Multi-source dynamic adaptive domain generalization network for crack detection under unknown temperature environment

Abstract

The dispersion characteristics of Lamb waves are more complex under variable temperature environments, leading to deviation in signal distribution, which significantly reduces the performance of damage detection models. Domain adaptation methods are often applied to damage detection problems with differences in data distribution, but this method requires obtaining the distribution information of the target temperature domain in advance and cannot achieve online damage monitoring under unknown temperature environments. Therefore, this article proposes a multi-source dynamic adaptive generalization network (MDAGN) for crack detection under unknown temperature environments. This network can extend the damage detection model to damage detection tasks under unknown temperatures.

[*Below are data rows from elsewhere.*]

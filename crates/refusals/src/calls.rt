//! The calls that are refused memory, and the values that they are made over.

use crate::report::{FIRST, report};
use crate::scarcity::{CallOutcome, RefusedCall, are_refused};
use crate::{cells, conversions, metadata, names, rings, rows};
use oim_meta::{Limits, Report};
use oim_names::Text;
use oim_resolve::{Fact, Row};
use oim_rows::Rows;
use std::alloc::Global;

/// A call of a library.
#[derive(Clone, Copy)]
pub(crate) enum Call {
    /// Binds prefixes.
    Binds,
    /// Writes a language in lower case.
    Lowers,
    /// Copies a shared text.
    CopiesText,
    /// Writes the text of a period.
    WritesQuarter,
    /// Reads the URL of a parameters file.
    ReadsUrl,
    /// Reads the types, the parameters and the metadata of a report.
    ReadsReport,
    /// Copies a report.
    CopiesReport,
    /// Opens a single ring, or the first ring of a report.
    OpensRing(bool),
    /// Opens claims of two items, and draws them.
    Claims,
    /// Resolves a cell.
    Resolves,
    /// Reads a table, row by row or in blocks.
    ReadsTable(bool),
    /// Writes the head of a document.
    WritesHead,
    /// Writes the text of a fact, or of two.
    WritesFacts(bool),
    /// Converts a report on one thread.
    Converts,
}

/// The values that calls are made over.
#[derive(Clone, Copy)]
pub(crate) struct CallValues<'a> {
    pub(crate) text: &'a Text,
    pub(crate) report: &'a Report,
    pub(crate) row: &'a Row,
    pub(crate) facts: &'a [Fact],
}

/// Makes a call. Nothing else in it allocates memory.
pub(crate) fn made(alloc: Global, call: Call, over: CallValues<'_>) -> CallOutcome {
    match call {
        Call::Binds => names::binds(alloc),
        Call::Lowers => names::lowers(alloc),
        Call::CopiesText => names::copies(over.text),
        Call::WritesQuarter => names::writes_a_quarter(alloc),
        Call::ReadsUrl => metadata::reads_the_url(alloc),
        Call::ReadsReport => metadata::reads(alloc),
        Call::CopiesReport => metadata::copies(over.report),
        Call::OpensRing(is_alone) => rings::opens(alloc, is_alone),
        Call::Claims => rings::claims(alloc),
        Call::Resolves => cells::resolves(alloc, over.report, over.row),
        Call::ReadsTable(in_blocks) => rows::reads(alloc, over.report, in_blocks),
        Call::WritesHead => rows::writes_the_head(alloc, over.report),
        Call::WritesFacts(are_two) => rows::writes(alloc, over.facts, are_two),
        Call::Converts => conversions::converts(alloc, over.report),
    }
}

/// Returns whether these calls are refused memory over a report, a row and its facts.
fn over_facts(
    alloc: Global,
    report: &Report,
    row: &Row,
    facts: &[Fact],
    trials: &[RefusedCall],
) -> bool {
    let Ok(text) = Text::from_str(alloc, "http://example.com/eg") else {
        return false;
    };
    match text.share() {
        Ok(text) => {
            let over = CallValues {
                text: &text,
                report,
                row,
                facts,
            };
            are_refused(alloc, trials, over)
        }
        Err(_) => false,
    }
}

/// Does the same over a report and a row.
fn over_row(alloc: Global, report: &Report, row: &Row, trials: &[RefusedCall]) -> bool {
    if report.tables() == 0 {
        return false;
    }
    let Ok(mut rows) = Rows::open(alloc, report, 0, FIRST, Limits::profile()) else {
        return false;
    };
    match rows.next() {
        Ok(Some(facts)) => over_facts(alloc, report, row, facts.as_slice(), trials),
        _ => false,
    }
}

/// Does the same over a report.
fn over_report(alloc: Global, report: &Report, trials: &[RefusedCall]) -> bool {
    match cells::first_row(alloc) {
        Ok(row) => over_row(alloc, report, &row, trials),
        Err(_) => false,
    }
}

/// Returns whether these calls are refused memory as often as they must.
fn hold(alloc: Global, trials: &[RefusedCall]) -> bool {
    match report(alloc) {
        Ok(report) => over_report(alloc, &report, trials),
        Err(_) => false,
    }
}

/// The count of bytes that suffices for most calls.
const ROOM: usize = 65_536;

const NAMES: &[RefusedCall] = &[
    (Call::Binds, ROOM, 3),
    (Call::Lowers, ROOM, 1),
    (Call::WritesQuarter, ROOM, 1),
    (Call::CopiesText, 0, 0),
];

#[test]
fn names_without_memory(rt: HostRuntime) {
    assert!(rt; hold(rt.alloc(), NAMES));
}

const READERS: &[RefusedCall] = &[
    (Call::ReadsUrl, 4 * ROOM, 20),
    (Call::ReadsReport, 4 * ROOM, 1_000),
    (Call::CopiesReport, ROOM, 20),
];

#[test]
fn metadata_without_memory(rt: HostRuntime) {
    assert!(rt; hold(rt.alloc(), READERS));
}

const RINGS: &[RefusedCall] = &[
    (Call::OpensRing(true), ROOM, 3),
    (Call::OpensRing(false), ROOM, 3),
    (Call::Claims, ROOM, 5),
];

#[test]
fn rings_and_claims_without_memory(rt: HostRuntime) {
    assert!(rt; hold(rt.alloc(), RINGS));
}

const TABLES: &[RefusedCall] = &[
    (Call::Resolves, ROOM, 20),
    (Call::ReadsTable(false), 4 * ROOM, 50),
    (Call::ReadsTable(true), 4 * ROOM, 50),
];

#[test]
fn cells_and_tables_without_memory(rt: HostRuntime) {
    assert!(rt; hold(rt.alloc(), TABLES));
}

const TEXTS: &[RefusedCall] = &[
    (Call::WritesHead, ROOM, 10),
    (Call::WritesFacts(false), ROOM, 10),
    (Call::WritesFacts(true), ROOM, 20),
];

#[test]
fn texts_without_memory(rt: HostRuntime) {
    assert!(rt; hold(rt.alloc(), TEXTS));
}

const CONVERSIONS: &[RefusedCall] = &[(Call::Converts, 4 * ROOM, 50)];

#[test]
fn a_conversion_on_one_thread_without_memory(rt: HostRuntime) {
    assert!(rt; hold(rt.alloc(), CONVERSIONS));
}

The main idea is to optimize the discriminative boundaries of the feature space while mining the generalized damage features and specificity in the temperature domain. Design specific regressors for each source temperature domain to maintain the specificity of the temperature domain, and then fuse the damage detection results of multiple regressors through similarity measurement, enabling the model to extrapolate to temperatures outside the distribution and achieve domain generalization. This article collected structural damage data under unknown temperature environments to verify the effectiveness of this method. The results indicate that this method can effectively monitor cracks under unknown temperature environments, establishing an effective framework for structural damage monitoring under unknown working conditions.